* **About this task**:
Look below and pull out each line with the word "resumable".

>>

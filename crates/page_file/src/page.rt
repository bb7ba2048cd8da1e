//! A page, and when it is valid.
//!
//! | At | Field |
//! |---|---|
//! | 0 | count u16: how many entries there are, at least 1 |
//! | 2 | used u16: how many bytes they have, at most 4,088 |
//! | 4 | the number of the next page u32, or 2^32 - 1 for none |
//! | 8 | the entries, in strictly rising key order |
//! | 8 + used | zeros |
//!
//! A page that has a next one has at least 3,577 bytes of entries: behind fewer the longest entry would have fitted.
ghost use Rattle.std.specs.Prelude.{◌≡◌, ◌↔◌, ◌+◌, ◌-◌, ◌≤◌, ◌<◌, ◌++◌, ◌^◌, ℕ, Option, length, drop, replicate, IsTrue, IfSome};
ghost use Rattle.record_delta.specs.Entries.{Entries};
ghost use Rattle.blsm_model.specs.Components.{no_page};
ghost use Rattle.page_file.specs.Page.{page_number, used_by, page_head, IsHead, IsPageOf, IsPage};

use crate::entry::are_entries;
use big_endian::{u16_at, u32_at};
use blsm_model::Op;

/// How many bytes a page has.
pub const PAGE_LEN: usize = 4_096;

/// How many bytes stand before the entries.
pub const PAGE_HEAD_LEN: usize = 8;

/// How many bytes the entries of a page may have.
pub const MOST_USED: u16 = 4_088;

/// How many bytes the entries of a page with a next one have at least.
pub const LEAST_FULL: u16 = MOST_USED - Op::MAX_WEIGHT as u16 + 1;

// What stands for no next page.
const NO_PAGE: u32 = u32::MAX;

/// What a page says before its entries.
#[derive(Clone, Copy, PartialEq, Eq, Debug)]
pub struct PageHead {
    /// How many entries there are.
    pub count: u16,
    /// How many bytes they have.
    pub used: u16,
    /// The number of the next page, if there is one.
    pub next: Option<u32>,
}

/// The number that names a page, or that there is none.
pub fn number_of(page: Option<u32>) -> u32
    ensures { result ≡ page_number page }
{
    page.unwrap_or(NO_PAGE)
}

// The page of this number, if it is one.
fn page_of(number: u32) -> Option<u32>
    ensures number { page_number result ≡ number }
    ensures fits { IfSome result (λ n. n < no_page) }
{
    if number == NO_PAGE {
        None
    } else {
        Some(number)
    }
}

impl PageHead {
    /// What any bytes of a page say. Of a valid page it is how many entries it has, their bytes, and its next page.
    pub fn read(page: &[u8; PAGE_LEN]) -> PageHead
        ensures parts { page.now ≡ page_head result.count result.used result.next ++ drop PAGE_HEAD_LEN page.now }
        ensures count_fits { result.count < 2 ^ 16 }
        ensures used_fits { result.used < 2 ^ 16 }
        ensures next_fits { IfSome result.next (λ n. n < no_page) }
        ensures valid { (pages : ℕ) (next : Option ℕ) (entries : Entries) → pages ≤ no_page → IsPageOf pages next entries page.now
            → result ≡ record { count = length entries; used = used_by entries; next = next } }
    {
        PageHead {
            count: u16_at(page, 0),
            used: u16_at(page, 2),
            next: page_of(u32_at(page, 4)),
        }
    }

    // Whether a page of a store of so many pages may begin so.
    fn is_right(self, pages: u64) -> bool
        ensures { IsTrue result ↔ IsHead pages self.count self.used self.next }
    {
        let may_follow = match self.next {
            Some(next) => u64::from(next) < pages && LEAST_FULL <= self.used,
            None => true,
        };
        1 <= self.count && self.used <= MOST_USED && may_follow
    }
}

// Whether these are zeros.
fn is_blank(bytes: &[u8]) -> bool
    ensures { IsTrue result ↔ (bytes.now ≡ replicate (length bytes.now) 0) }
{
    bytes.iter().all(|byte| *byte == 0)
}

/// Whether these bytes are a valid page of a store of so many pages.
pub fn is_page(page: &[u8; PAGE_LEN], pages: u64) -> bool
    requires { pages ≤ no_page }
    ensures { IsTrue result ↔ IsPage pages page.now }
{
    let head = PageHead::read(page);
    if !head.is_right(pages) {
        return false;
    }
    let (entries, behind) = page[PAGE_HEAD_LEN..].split_at(head.used as usize);
    are_entries(entries, head.count) && is_blank(behind)
}
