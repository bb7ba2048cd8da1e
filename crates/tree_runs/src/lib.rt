//! The three components of a tree and the two merges that run over them, on the pages of a store's file: a merge begins, takes a
//! quantum, and is swapped in by one commit of the catalogue. Whoever owns the disk, the memory table and the log drives it.
#![tactic(auto)]

mod guides;
mod holds;
mod laws;
mod lookup;
mod quanta;
mod resumable;
mod runs;
mod swaps;

pub use guides::{GuideRoom, PageStart};
pub use laws::{each_claims_its_own, others_may_write};
pub use resumable::{Cursors, Resumable};
pub use runs::{MergeRoom, Runs};
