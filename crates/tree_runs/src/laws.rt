//! What the components and the runs keep while others write, and what of their map is known once they are read. The functions do nothing:
//! they stand for the laws that their clauses name.
ghost use Rattle.tree_runs.specs.Laws.{HeadIsBeside, HeadIsUnpinned, RunsStay, ListsStay, EntriesJoin, EntriesWait, LeftGrows, ClaimsAdd, TakenAreRead};

/// What others write, the log and the catalogue, is beside the pages of the components and the runs, and beside those of holds. So the merges go on over the same
/// lists, and over table A with each entry that joins it ahead of the pass.
pub fn others_may_write()
    ensures head { HeadIsBeside }
    ensures pins { HeadIsUnpinned }
    ensures running { RunsStay }
    ensures lists { ListsStay }
    ensures joins { EntriesJoin }
    ensures waits { EntriesWait }
    ensures left { LeftGrows }
{}

/// Where the pages of C1, C1' and C2 are claimed in a map that has none in use, each of them while it is free, no page has two tags, and
/// each component has as many as it claimed.
pub fn each_claims_its_own()
    ensures adds { ClaimsAdd }
    ensures read { TakenAreRead }
{}
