//! The entries of a page, one behind the other. They have the bytes that they have in the log.
ghost use Rattle.std.specs.Prelude.{◌↔◌, ℕ, List, [], IsTrue, IfSome, IfNone};
ghost use Rattle.page_file.specs.Entry.{HasFirstEntry, AreInBytes};

use entry_codec::peek_key;

// The key of the entry at the front of these bytes, if there is one, and the bytes behind the entry.
fn first_entry(bytes: &[u8]) -> Option<(&[u8], &[u8])>
    ensures found { IfSome result (λ p. HasFirstEntry bytes.now p.0.now p.1.now) }
    ensures none { IfNone result ((key rest : List ℕ) → HasFirstEntry bytes.now key rest → ⊥) }
{
    let (key, length) = peek_key(bytes)?;
    let (_, behind) = bytes.split_at(length);
    Some((key, behind))
}

/// Whether these bytes are so many entries, with nothing behind them, whose keys strictly rise.
pub fn are_entries(bytes: &[u8], count: u16) -> bool
    ensures { IsTrue result ↔ AreInBytes [] count bytes.now }
{
    // No key is empty, so the first one is above no bytes.
    let mut last: &[u8] = &[];
    let mut rest = bytes;
    for _ in 0..count {
        let Some((key, behind)) = first_entry(rest) else {
            return false;
        };
        // Unlike `<=`, `cmp` goes over what two keys share in long strides.
        if key.cmp(&last).is_le() {
            return false;
        }
        last = key;
        rest = behind;
    }
    rest.is_empty()
}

<<

* **Reply**:
mod resumable;
pub use resumable::{Cursors, Resumable};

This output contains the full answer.